■ WORK INSTRUCTION ■
Lines before the one containing "let mut progress" are left out; return that line and all lines after it, exactly, through the end of the records below.

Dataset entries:
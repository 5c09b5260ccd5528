//! What records abstract steps stage by stage.

ghost use Rattle.std.specs.Prelude.{◌≡◌, ◌<◌, length, IfOk, IfErr, OnOk};
ghost use Rattle.tv_model.specs.Program.{program_of};
ghost use Rattle.tv_model.specs.Valid.{IsValid};
ghost use Rattle.tv_structure_form.specs.StructureForm.{IsOver};
ghost use Rattle.tv_step_laws.specs.Budgets.{IsStepCause, KeepsBudgets};
ghost use Rattle.tv_stages_laws.specs.Stages.{IsSlowStep};

use crate::stages::slow_step;
use crate::task::{Task, Tools};
use std::alloc::{AllocError, Global};
use std::marker::Model;
use tv_eval::Scratch;
use tv_losses_unmet::Declared;
use tv_model::{Mode, Program};
use tv_rules::{Closed, close_rules};
use tv_stages_laws::SlowStep;
use tv_step::Stepper;
use tv_struct::{StageError, Structure};

/// Takes abstract steps of a program in a mode, and records them stage by stage. A contract sees the program
/// and the mode, which stay.
#[derive(Drop)]
pub struct Stager<'a> {
    alloc: Global,
    program: &'a Program,
    mode: Mode,
    closed: Closed,
    tools: Tools<'a>,
}

impl<'a> Model for Stager<'a> {
    ghost use Rattle.tv_step.specs.EngineForm.{EngineForm};

    ghost Value = { EngineForm };

    ghost use Rattle.tv_model.specs.contracts.formula.Formula as formula;
    ghost use Rattle.std.specs.Coded.{codes};

    ghost coded = { Prim.hlevel (codes, formula.the_row.coded) };

    ghost use Rattle.std.specs.Prelude.{◌≡◌};
    ghost use Rattle.tv_eval.specs.ScratchForm.{IsMadeFor};
    ghost use Rattle.tv_model.specs.Program.{program_of};
    ghost use Rattle.tv_model.specs.Valid.{IsValid};
    ghost use Rattle.tv_rules.specs.Closing.{closed_rules};
    ghost use Rattle.tv_rules.specs.EntryForms.{rules_of};

    ghost view = { λ x. record { program = x.program.now; mode = x.mode } };

    ghost invariant = { λ x. IsValid (program_of x.program.now)
        × (rules_of x.closed ≡ closed_rules (program_of x.program.now))
        × IsMadeFor (program_of x.program.now) 256 x.tools.scratch
        × (x.tools.declared ≡ x.program.now)
        × (x.tools.stepper ≡ record { program = x.program.now; mode = x.mode }) };
}

impl<'a> Stager<'a> {
    /// What records the steps of a valid program. The only error is lack of memory.
    pub fn new(alloc: Global, program: &'a Program, mode: Mode) -> Result<Stager<'a>, AllocError>
        requires { IsValid (program_of program.now) }
        ensures { IfOk result (λ stager. stager ≡ record { program = program.now; mode = mode }) }
    {
        let closed = close_rules(alloc, program)?;
        let declared = Declared::new(alloc, program)?;
        let scratch = Scratch::new(alloc, program, 256)?;
        let stepper = Stepper::new(alloc, program, mode)?;
        Ok(Stager {
            alloc,
            program,
            mode,
            closed,
            tools: Tools {
                declared,
                scratch,
                stepper,
            },
        })
    }

    /// The abstract step of a structure along an edge, stage by stage: what is recorded is all that its
    /// stages make, in order, and its results are those of the step. `Splits` only where a stage of the step
    /// has over 4,096 choices, `Individuals` only where it makes a structure of over 256 individuals; where
    /// it does either, the answer is one of the two or `Memory`.
    pub fn step(&mut self, edge: u32, s: &Structure) -> Result<SlowStep, StageError>
        requires edge { edge < length self.old.program.edges }
        requires over { IsOver self.old.program.vocab s.now }
        ensures slow { IfOk result (IsSlowStep (program_of self.old.program) self.old.mode edge s.now) }
        ensures budgets { OnOk result (KeepsBudgets (program_of self.old.program) edge s.now) }
        ensures cause { IfErr result (IsStepCause (program_of self.old.program) edge s.now) }
        ensures same { self.new ≡ self.old }
    {
        let x = Task {
            alloc: self.alloc,
            program: self.program,
            mode: self.mode,
            closed: &self.closed,
        };
        slow_step(&x, &mut self.tools, edge, s)
    }
}
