//! Focus, atom by atom.

ghost use Rattle.std.specs.Prelude.{◌≡◌, [], map, All, IfOk, IfErr, OnOk};
ghost use Rattle.tv_model.specs.Form.{form_of};
ghost use Rattle.tv_model.specs.Valid.{IsFormula};
ghost use Rattle.tv_step_laws.specs.Shaped.{IsShaped};
ghost use Rattle.tv_stages_laws.specs.Stages.{AreFocusRows, places_from};
ghost use Rattle.tv_stages.specs.Tasks.{IsReadyToRecord, task_program};
ghost use Rattle.tv_stages.specs.Turns.{StopsFocus, Turned, numbered_places};

use crate::task::{Task, Tools};
use crate::turn::{Progress, Turn, take_turn};
use tv_focus::FocusAtoms;
use tv_model::{Formula, Items};
use tv_struct::{StageError, Structures};

/// Takes the turns of a formula's atoms.
fn take_turns(
    x: &Task,
    tools: &mut Tools,
    number: usize,
    formula: &Formula,
    progress: &mut Progress,
) -> Result<(), StageError>
    requires ready { IsReadyToRecord x.now tools.old }
    requires formula { IsFormula (task_program x.now) (form_of formula.now) }
    requires shaped { All (IsShaped (task_program x.now)) progress.old.at_hand }
    ensures turned { OnOk result (Turned (task_program x.now)
        (numbered_places number (form_of formula.now)) progress.old progress.new) }
    ensures cause { IfErr result (StopsFocus (task_program x.now)
        (numbered_places number (form_of formula.now)) progress.old.at_hand) }
    ensures same { tools.new ≡ tools.old }
{
    let count = FocusAtoms::new(x.alloc, formula)?.count();
    for atom in 0..count {
        let turn = Turn {
            number,
            formula,
            atom,
        };
        take_turn(x, tools, &turn, progress)?;
    }
    Ok(())
}

/// Takes the turns of all atoms of these formulas, where `start` is at hand before the first.
pub(crate) fn focus(
    x: &Task,
    tools: &mut Tools,
    formulas: &[Formula],
    start: Structures,
) -> Result<Progress, StageError>
    requires ready { IsReadyToRecord x.now tools.old }
    requires formulas { All (IsFormula (task_program x.now)) (map form_of formulas.now) }
    requires shaped { All (IsShaped (task_program x.now)) start }
    ensures rows { IfOk result (λ progress. AreFocusRows (task_program x.now)
        (places_from 0 (map form_of formulas.now)) start progress.rows progress.at_hand) }
    ensures cause { IfErr result
        (StopsFocus (task_program x.now) (places_from 0 (map form_of formulas.now)) start) }
    ensures same { tools.new ≡ tools.old }
{
    let mut progress = Progress {
        rows: Items::new(x.alloc),
        at_hand: start,
    };
    for (number, formula) in formulas.iter().enumerate() {
        take_turns(x, tools, number, formula, &mut progress)?;
    }
    Ok(progress)
}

■ RESPONSE AREA ■
    let mut progress = Progress {
        rows: Items::new(x.alloc),
        at_hand: start,
    };
    for (number, formula) in formulas.iter().enumerate() {
        take_turns(x, tools, number, formula, &mut progress)?;
    }
    Ok(progress)
}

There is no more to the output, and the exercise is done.